# Surefire E2e.



## PoliceScannerMan (Oct 20, 2006)

I got a hankerin' for a SureFire E2e, so I bought 4 of them!

I'll tell you whats intersting about the 2 Jungle Camo E2e's. The one on the left's serial # is A04287, and the one on the right Serial# is A31446. So the one on the right is alot newer I assume. Notice how the one on the left doesnt have the US patent number on it. Also the camo itself is different on the two lights, with the one on the right being darker. I am sure this is b/c its a different batch of Anodise. 

Anywho, thought I would share, thanks for looking.


----------



## Trashman (Oct 20, 2006)

Are they all clickies, or only the E2D?


----------



## redskins38 (Oct 20, 2006)

Thats a nice little collection, i espically like the two camo lights


----------



## EricMack (Oct 20, 2006)

That's an awesome start!  You really need to add one of these, though...


----------



## marxs (Oct 20, 2006)

nice pics! i love the camo's, i saw a C2 in camo, man that was one might fine looking light indeed.


----------



## dizzy (Oct 20, 2006)

What kind of head is on that EricMack? I see a PK on there.


----------



## EricMack (Oct 20, 2006)

dizzy said:


> What kind of head is on that EricMack? I see a PK on there.

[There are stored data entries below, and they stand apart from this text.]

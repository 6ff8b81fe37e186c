ghost use Rattle.std.specs.Prelude.{◌≡◌, [], map, IfOk, OnOk, None};
ghost use Rattle.relay_course.specs.Progress.{Delivery, Progress, after_answer, after_hello, after_reply, ended_by};
ghost use Rattle.relay_course.specs.Progress.{with_command};
ghost use Rattle.relay_course.specs.VerdictTable.{all_later, content_verdict_by, kind_of, refusal};
ghost use Rattle.relay_course.specs.WrittenLine.{ehlo_line, helo_line};
ghost use Rattle.relay_client.specs.Action.{done_by};
ghost use Rattle.relay_client.specs.Conversation.{Does, Holds, IsAtGreeting, IsDeliveryOf, SettlesOne};

use crate::action::{Action, action_after};
use crate::command::{write_dot_text, write_ehlo, write_helo, write_quit};
use crate::mail_object::MailObject;
use crate::settled::Settled;
use crate::verdict::{content_verdict, refusal};
use crate::verdicts::Verdicts;
use crate::waits::Waits;
use relay_body::ends_in_line_end;
use relay_book::Verdict;
use relay_course::{Awaited, Extensions, ReplyKind, extensions_of, kind_of};
use relay_lines::Reply;
use relay_octets::Octets;
use std::alloc::{AllocError, Global};

/// An attempt without its reader: what must be known of the replies that have come. To each reply it writes what the
/// table says, and at the end it gives the verdicts.
pub(crate) struct Conversation {
    pub(crate) alloc: Global,
    /// Our host's name.
    pub(crate) host: Octets,
    /// The places to try, in order.
    pub(crate) places: Vec<u8>,
    pub(crate) waits: Waits,
    /// Of how many places the RCPT was written.
    pub(crate) asked: usize,
    /// What the server offers.
    pub(crate) extensions: Extensions,
    pub(crate) settled: Settled,
}

// Written out, so that the proof of a caller that drops a conversation stops at this function.
impl Drop for Conversation {
    fn drop(self) {
        let Conversation {
            alloc: _,
            host: _host,
            places: _places,
            waits: _waits,
            asked: _,
            extensions: _,
            settled: _settled,
        } = self;
    }
}

impl Conversation {
    /// Nothing is read or written yet, and the greeting is awaited. Fails if memory runs out.
    pub(crate) fn begin(alloc: Global, host: &[u8], places: Vec<u8>) -> Result<Self, AllocError>
        ensures { IfOk result (IsAtGreeting host.now places.items) }
    {
        let mut waits = Waits::new(alloc);
        waits.push(Awaited::Greeting)?;
        Ok(Conversation {
            alloc,
            host: Octets::from_slice(alloc, host)?,
            places,
            waits,
            asked: 0,
            extensions: Extensions {
                pipelining: false,
                chunking: false,
                dsn: false,
            },
            settled: Settled::new(alloc),
        })
    }

    /// A reply answers what waits first. The verdicts are given where the attempt ends by it. Fails if memory runs out.
    pub(crate) fn answer(
        &mut self,
        mail: &MailObject<'_>,
        reply: Reply,
        out: &mut Vec<u8>,
    ) -> Result<Option<Verdicts>, AllocError>
        ensures { IfOk result (λ ended. (delivery : Delivery) (old : Progress)
            → Holds self.old delivery old → IsDeliveryOf delivery mail.now
            → Does delivery old (after_reply delivery old reply) self.new ended out.old.items out.new.items) }
    {
        let Some(waited) = self.waits.take_first() else {
            return Ok(None);
        };
        self.settle(waited, &reply)?;
        self.after_answer(mail, waited, &reply, out)
    }

    /// Keeps what a RCPT's reply says of its place.
    fn settle(&mut self, waited: Awaited, reply: &Reply) -> Result<(), AllocError>
        ensures { OnOk result (SettlesOne self.old self.new waited self.old.waits reply.now) }
    {
        match waited {
            Awaited::Rcpt(_) => self.settled.push(self.alloc, reply),
            Awaited::Greeting => Ok(()),
            Awaited::Ehlo => Ok(()),
            Awaited::Helo => Ok(()),
            Awaited::Mail => Ok(()),
            Awaited::Data => Ok(()),
            Awaited::Content => Ok(()),
        }
    }

    /// What the table says of the reply is done.
    fn after_answer(
        &mut self,
        mail: &MailObject<'_>,
        waited: Awaited,
        reply: &Reply,
        out: &mut Vec<u8>,
    ) -> Result<Option<Verdicts>, AllocError>
        ensures { IfOk result (λ ended. (delivery : Delivery) (old : Progress)
            → Holds self.old delivery old → IsDeliveryOf delivery mail.now
            → Does delivery old (after_answer delivery waited (kind_of reply.now.code) reply.now old)
            self.new ended out.old.items out.new.items) }
    {
        let action = action_after(waited, kind_of(reply.code()));
        self.act(action, mail, reply, out)
    }

    /// Does this.
    fn act(
        &mut self,
        action: Action,
        mail: &MailObject<'_>,
        reply: &Reply,
        out: &mut Vec<u8>,
    ) -> Result<Option<Verdicts>, AllocError>
        ensures { IfOk result (λ ended. (delivery : Delivery) (old : Progress)
            → Holds self.old delivery old → IsDeliveryOf delivery mail.now
            → Does delivery old (done_by delivery action reply.now old) self.new ended out.old.items out.new.items) }
    {
        match action {
            Action::Greet => self.greet(out),
            Action::TakeOffer => self.take_offer(mail, reply, out),
            Action::GreetPlainly => self.greet_plainly(out),
            Action::Begin => self.after_hello(mail, out),
            Action::GoOn => self.go_on(mail, out),
            Action::SendText => self.send_text(mail, out),
            Action::EndAfterContent(kind) => self.end_after_content(kind, reply, out),
            Action::PutOff => self.put_off(out),
            Action::Refuse => self.refuse(reply, out),
        }
    }

    /// EHLO.
    fn greet(&mut self, out: &mut Vec<u8>) -> Result<Option<Verdicts>, AllocError>
        ensures { IfOk result (λ ended. (delivery : Delivery) (old : Progress) → Holds self.old delivery old
            → Does delivery old (with_command (ehlo_line delivery.host) Awaited.Ehlo old)
            self.new ended out.old.items out.new.items) }
    {
        write_ehlo(out, self.host.as_slice())?;
        self.waits.push(Awaited::Ehlo)?;
        Ok(None)
    }

    /// HELO, since EHLO was refused (RFC 5321, section 3.2).
    fn greet_plainly(&mut self, out: &mut Vec<u8>) -> Result<Option<Verdicts>, AllocError>
        ensures { IfOk result (λ ended. (delivery : Delivery) (old : Progress) → Holds self.old delivery old
            → Does delivery old (with_command (helo_line delivery.host) Awaited.Helo old)
            self.new ended out.old.items out.new.items) }
    {
        write_helo(out, self.host.as_slice())?;
        self.waits.push(Awaited::Helo)?;
        Ok(None)
    }

    /// What the server offers is kept, and the transaction begins.
    fn take_offer(
        &mut self,
        mail: &MailObject<'_>,
        reply: &Reply,
        out: &mut Vec<u8>,
    ) -> Result<Option<Verdicts>, AllocError>
        ensures { IfOk result (λ ended. (delivery : Delivery) (old : Progress)
            → Holds self.old delivery old → IsDeliveryOf delivery mail.now
            → Does delivery old (after_answer delivery Awaited.Ehlo ReplyKind.Completion reply.now old)
            self.new ended out.old.items out.new.items) }
    {
        self.extensions = extensions_of(reply);
        self.after_hello(mail, out)
    }

    /// The server is greeted: a text that doesn't end in CR LF needs CHUNKING.
    fn after_hello(
        &mut self,
        mail: &MailObject<'_>,
        out: &mut Vec<u8>,
    ) -> Result<Option<Verdicts>, AllocError>
        ensures { IfOk result (λ ended. (delivery : Delivery) (old : Progress)
            → Holds self.old delivery old → IsDeliveryOf delivery mail.now
            → Does delivery old (after_hello delivery old) self.new ended out.old.items out.new.items) }
    {
        if ends_in_line_end(mail.stored_text) || self.extensions.chunking {
            self.ask_mail(mail, out)?;
            Ok(None)
        } else {
            Ok(Some(self.end(&Verdict::CantSend, out)?))
        }
    }

    /// Returns the text, after a server's leave to send it.
    fn send_text(
        &mut self,
        mail: &MailObject<'_>,
        out: &mut Vec<u8>,
    ) -> Result<Option<Verdicts>, AllocError>
        ensures { IfOk result (λ ended. (delivery : Delivery) (old : Progress)
            → Holds self.old delivery old → IsDeliveryOf delivery mail.now
            → Does delivery old (with_command delivery.dot_text Awaited.Content old)
            self.new ended out.old.items out.new.items) }
    {
        write_dot_text(out, mail.stored_text)?;
        self.waits.push(Awaited::Content)?;
        Ok(None)
    }

    /// Ends by the reply to the content.
    fn end_after_content(
        &mut self,
        kind: ReplyKind,
        reply: &Reply,
        out: &mut Vec<u8>,
    ) -> Result<Option<Verdicts>, AllocError>
        ensures { IfOk result (λ ended. (delivery : Delivery) (old : Progress) → Holds self.old delivery old
            → Does delivery old (ended_by delivery (content_verdict_by old.extensions.dsn kind reply.now) old)
            self.new ended out.old.items out.new.items) }
    {
        let last = content_verdict(self.alloc, self.extensions.dsn, kind, reply)?;
        Ok(Some(self.end(&last, out)?))
    }

    /// Ends by a reply that refuses for good.
    fn refuse(&mut self, reply: &Reply, out: &mut Vec<u8>) -> Result<Option<Verdicts>, AllocError>
        ensures { IfOk result (λ ended. (delivery : Delivery) (old : Progress) → Holds self.old delivery old
            → Does delivery old (ended_by delivery (refusal reply.now) old)
            self.new ended out.old.items out.new.items) }
    {
        let last = refusal(self.alloc, reply)?;
        Ok(Some(self.end(&last, out)?))
    }

    /// Ends by a reply after which it may be tried again.
    fn put_off(&mut self, out: &mut Vec<u8>) -> Result<Option<Verdicts>, AllocError>
        ensures { IfOk result (λ ended. (delivery : Delivery) (old : Progress) → Holds self.old delivery old
            → Does delivery old (ended_by delivery Verdict.Later old)
            self.new ended out.old.items out.new.items) }
    {
        Ok(Some(self.end(&Verdict::Later, out)?))
    }

    /// QUIT, and the verdicts.
    pub(crate) fn end(&mut self, last: &Verdict, out: &mut Vec<u8>) -> Result<Verdicts, AllocError>
        ensures { IfOk result (λ verdicts. (delivery : Delivery) (old : Progress) → Holds self.old delivery old
            → Does delivery old (ended_by delivery last.now old) self.new (Some verdicts)
            out.old.items out.new.items) }
    {
        write_quit(out)?;
        self.settled
            .verdicts(self.alloc, self.places.as_slice(), last)
    }

    /// Later for each place. Fails if memory runs out.
    pub(crate) fn all_later(&self) -> Result<Verdicts, AllocError>
        ensures { IfOk result (λ verdicts. verdicts ≡ all_later self.now.places.items) }
    {
        let mut verdicts = Verdicts::with_capacity(self.alloc, self.places.len())?;
        for _ in self.places.as_slice() {
            verdicts.push(Verdict::Later)?;
        }
        Ok(verdicts)
    }
}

Al told me this is generally known as an "ICE" bezel, X200 Optic likely powered by a Lux V. Pretty rare, given out to friends of PK's, and perhaps at least one raffled off here a long time ago. I am lucky to have acquired it.  LOL, I like things with PK's on them...


----------



## JasonC8301 (Oct 20, 2006)

Start collecting U2's 






Mine is in the foreground all battered and scarred. The other 3 were sent into Surefire for service (one was DOA out of box, the other two had some issues too.) 

But its just something about a black HA E2e thats soooo seductive.


----------



## AR_Shorty (Oct 20, 2006)

JasonC8301 said:


> Start collecting U2's
> 
> But its just something about a black HA E2e thats soooo seductive.


 
I just purchased a HA black E2E this week and I'm still drooling over it. I just can't stop fondling it either. Seductive is a good description :naughty:


----------



## PoliceScannerMan (Oct 20, 2006)

Trashman said:


> Are they all clickies, or only the E2D?


Only the E2D, the others are twisties, which i prefer.


----------



## Monocrom (Oct 20, 2006)

PoliceScannerMan said:


> Only the E2D, the others are twisties, which i prefer.


 
Okay, my curiosity got the better of me; so I'm asking....

Why do you prefer twist over click?

BTW.... :kewlpics:


----------



## PoliceScannerMan (Oct 20, 2006)

Monocrom said:


> Okay, my curiosity got the better of me; so I'm asking....
> 
> Why do you prefer twist over click?
> 
> BTW.... :kewlpics:


They are fool proof. I would hate for a clickie to malfunction at a not so good moment. 

Also some people are twisty guys, some are clicky. I'm a twisty. :laughing:


----------



## Monocrom (Oct 20, 2006)

PoliceScannerMan said:


> They are fool proof. I would hate for a clickie to malfunction at a not so good moment.
> 
> Also some people are twisty guys, some are clicky. I'm a twisty. :laughing:


 
Fair enough!  

I must admit, I like being able to reach for my light (usually carried clipped to the top of my pants-pocket) with one hand and turn it on with that same hand.

Still, I have encountered problems with clickies.... more specifically, on 2 No-name, Made in China, lights. Never a problem with my Surefires, Streamlight TL-2 LED or even the tiny tailcap conversion kit that came with the NiteIze LED upgrade for the 2AA Mini-mags.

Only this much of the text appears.